In the following modules, we will discuss multiple logistic regression models that will include more modeling techniques.

Since logistic regression has been used as a standard machine-learning algorithm for classification, I will use a standalone module to discuss this topic.

9.4 Analysis Assignment

This assignment focuses on the simple linear regression model. Please follow the instructions to pick an appropriate data set for the next three assignments that will be ensembled for project #2.
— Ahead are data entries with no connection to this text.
// Documents: values without a schema.
ghost use Rattle.std.specs.Prelude.{◌≡◌, OnOk, OnErr, length, slice_get, map, option_map};
ghost use Rattle.smithy_types.specs.Documents as doc;
ghost use Rattle.smithy_types.specs.Documents.{put, items_snoc, items_of, boolean_in, number_in, string_in, array_in, object_in, list_of_items, list_of_members};
ghost use Rattle.smithy_types.specs.views.DocumentView.{view, number_view, items_view, members_view, pairs_in};
ghost use Rattle.smithy_types.specs.Maps.{IsOrdered};
ghost use Rattle.smithy_types.specs.Texts.{same_text};
ghost use Rattle.std.specs.Map.{lookup};

use crate::error::OutOfMemory;
use crate::number::Number;
use crate::text::Text;
use std::alloc::Global;
use std::collections::BTreeMap;
use std::collections::btree_map::Iter;
use std::marker::Model;

/// A value without a schema (Smithy, document simple type).
#[cycle(document)]
#[derive(Drop)]
pub enum Document {
    Null,
    Bool(bool),
    Number(Number),
    String(Text),
    Array(Documents),
    Object(Members),
}

/// A list of documents.
#[cycle(document)]
#[derive(Drop)]
pub struct Documents {
    pub(crate) items: Vec<Document>,
}

/// An ordered map from texts to documents, in byte order of the texts.
#[cycle(document)]
#[derive(Drop)]
pub struct Members {
    pub(crate) entries: BTreeMap<String, Document>,
}

impl Document {
    /// The truth value, if it is one.
    pub fn as_bool(&self) -> Option<bool>
        ensures { result ≡ boolean_in (view self.now) }
    {
        match self {
            Document::Bool(value) => Some(*value),
            _ => None,
        }
    }

    /// The number, if it is one.
    pub fn as_number(&self) -> Option<&Number>
        ensures { option_map (λ n. number_view n.now) result ≡ number_in (view self.now) }
    {
        match self {
            Document::Number(number) => Some(number),
            _ => None,
        }
    }

    /// The text, if it is one.
    pub fn as_string(&self) -> Option<&str>
        ensures { option_map (λ t. t.now) result ≡ string_in (view self.now) }
    {
        match self {
            Document::String(text) => Some(text.as_str()),
            _ => None,
        }
    }

    /// The list, if it is one.
    pub fn as_array(&self) -> Option<&Documents>
        ensures { option_map (λ v. items_view v.now) result ≡ array_in (view self.now) }
    {
        match self {
            Document::Array(items) => Some(items),
            _ => None,
        }
    }

    /// The map, if it is one.
    pub fn as_object(&self) -> Option<&Members>
        ensures { option_map (λ m. members_view m.now) result ≡ object_in (view self.now) }
    {
        match self {
            Document::Object(members) => Some(members),
            _ => None,
        }
    }
}

impl Documents {
    /// No documents.
    pub fn new(alloc: Global) -> Documents
        ensures { items_view result ≡ doc.no_items }
    {
        Documents {
            items: Vec::new(alloc),
        }
    }

    /// Adds a document at the end.
    pub fn push(&mut self, item: Document) -> Result<(), OutOfMemory>
        ensures ok { OnOk result (items_view self.new ≡ items_snoc (items_view self.old) (view item)) }
        ensures err { OnErr result (items_view self.new ≡ items_view self.old) }
    {
        self.items.push(item)?;
        Ok(())
    }

    /// How many documents there are.
    pub fn len(&self) -> usize
        ensures { result ≡ length (list_of_items (items_view self.now)) }
    {
        self.items.as_slice().len()
    }

    /// The document at a place, counted from 0.
    pub fn get(&self, place: usize) -> Option<&Document>
        ensures { option_map (λ d. view d.now) result
            ≡ slice_get (list_of_items (items_view self.now)) place }
    {
        self.items.get(place)
    }

    /// The documents in order.
    pub fn as_slice(&self) -> &[Document]
        ensures { items_of (map view result.now) ≡ items_view self.now }
    {
        self.items.as_slice()
    }
}

impl Members {
    /// No members.
    pub fn new(alloc: Global) -> Members
        ensures { members_view result ≡ doc.no_members }
    {
        Members {
            entries: BTreeMap::new(alloc),
        }
    }

    /// Puts a document at a key, in place of the one that stood there.
    pub fn insert(&mut self, key: Text, value: Document) -> Result<(), OutOfMemory>
        ensures ok { OnOk result (members_view self.new ≡ put key (view value) (members_view self.old)) }
        ensures err { OnErr result (members_view self.new ≡ members_view self.old) }
    {
        let name = key.into_string();
        self.entries.insert(name, value)?;
        Ok(())
    }

    /// How many members there are. Their keys ascend.
    pub fn len(&self) -> usize
        ensures value { result ≡ length (list_of_members (members_view self.now)) }
        ensures ordered { IsOrdered (list_of_members (members_view self.now)) }
    {
        self.entries.len()
    }

    /// The document at a key.
    pub fn get(&self, key: &str) -> Option<&Document>
        ensures { option_map (λ d. view d.now) result
            ≡ lookup (same_text key.now) (pairs_in self.now) }
    {
        self.entries.get(key)
    }

    /// The key at a place in byte order, counted from 0; none behind the last. It walks to the place: to go over all members, use `iter`.
    pub fn key_at(&self, place: usize) -> Option<&str>
        ensures { option_map (λ k. k.now) result
            ≡ option_map (λ m. m.0) (slice_get (pairs_in self.now) place) }
    {
        match self.entries.keys().nth(place) {
            Some(key) => Some(key.as_str()),
            None => None,
        }
    }

    /// The document at a place in byte order of the keys, counted from 0; none behind the last. It walks to the place, as `key_at` does.
    pub fn value_at(&self, place: usize) -> Option<&Document>
        ensures { option_map (λ d. view d.now) result
            ≡ option_map (λ m. m.1) (slice_get (pairs_in self.now) place) }
    {
        self.entries.values().nth(place)
    }

    /// The members, in byte order of the keys, which ascend. Takes no memory.
    pub fn iter(&self) -> MemberPairs<'_>
        ensures pairs { result ≡ list_of_members (members_view self.now) }
        ensures ordered { IsOrdered (list_of_members (members_view self.now)) }
    {
        MemberPairs {
            rest: self.entries.iter(),
        }
    }
}

/// The members of a map that are still to come, seen as the list of them.
#[derive(Drop)]
pub struct MemberPairs<'m> {
    rest: Iter<'m, String, Document>,
}

impl<'m> Model for MemberPairs<'m> {
    ghost use Rattle.std.specs.Prelude.{List, ℕ, map};
    ghost use Rattle.std.specs.Coded.{coded×, coded_ℕ, coded_list};
    ghost use Rattle.smithy_types.specs.Documents as doc;
    ghost use Rattle.smithy_types.specs.views.DocumentCode.{coded_document};
    ghost use Rattle.smithy_types.specs.views.DocumentView.{pair_view};

    ghost Value = { List (List ℕ × doc.Document) };

    ghost coded = { coded_list (coded× (coded_list coded_ℕ) coded_document) };

    ghost view = { λ a. map pair_view a.rest };
}

impl<'m> Iterator for MemberPairs<'m> {
    ghost use Rattle.std.specs.Iterator.{YieldsFirstBy, item_count};
    ghost use Rattle.smithy_types.specs.views.DocumentView.{view};

    type Item = (&'m str, &'m Document);

    ghost next_gives = { YieldsFirstBy (λ p. (p.0.now, view p.1.now)) (λ s. s) };

    ghost remaining = { item_count (λ s. s) };

    fn next(&mut self) -> Option<(&'m str, &'m Document)> {
        let (key, value) = self.rest.next()?;
        Some((key.as_str(), value))
    }
}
Find a data set that contains

at least two categorical variables,
three numerical variables, and
a binary response variable.

The number of observations is at least 150. This number of observations is slightly larger than the one required in project #1 since we will introduce a machine-learning algorithm using the logistic regression model.
If you have a data set with no binary response variable but you really want to use it for your assignments, you can dichotomize the response variable in a meaningful way. For example, you have a data set with several predictor variables that are potentially associated with the response variable GPA. You can dichotomize the continuous GPA in the following

bin.gpa = 1 if GPA < 2.75

bin.gpa = 0 if GPA >= 2.75

This dichotomization is meaningful since most graduate schools use 2.75 as the admission cut-off GPA.
Choose one numerical predictor variable or a binary predictor variable to fit a simple logistic regression model in this assignment as I did in the case study. Other variables will be used in subsequent assignments.

To be more specific, you need to provide the following key components in your analysis report.

(a) Describe your data set and the variables.

(b) Formulate a practically meaningful analytic question.

(c) Perform exploratory data analysis using a graphical or numerical approach.

(d) Build a simple logistic regression model.

(e) Interpret the regression coefficients from the practical perspective (odds ratio).

(f) study the behavior of the success probability (probability curve and the rate of change in success probability).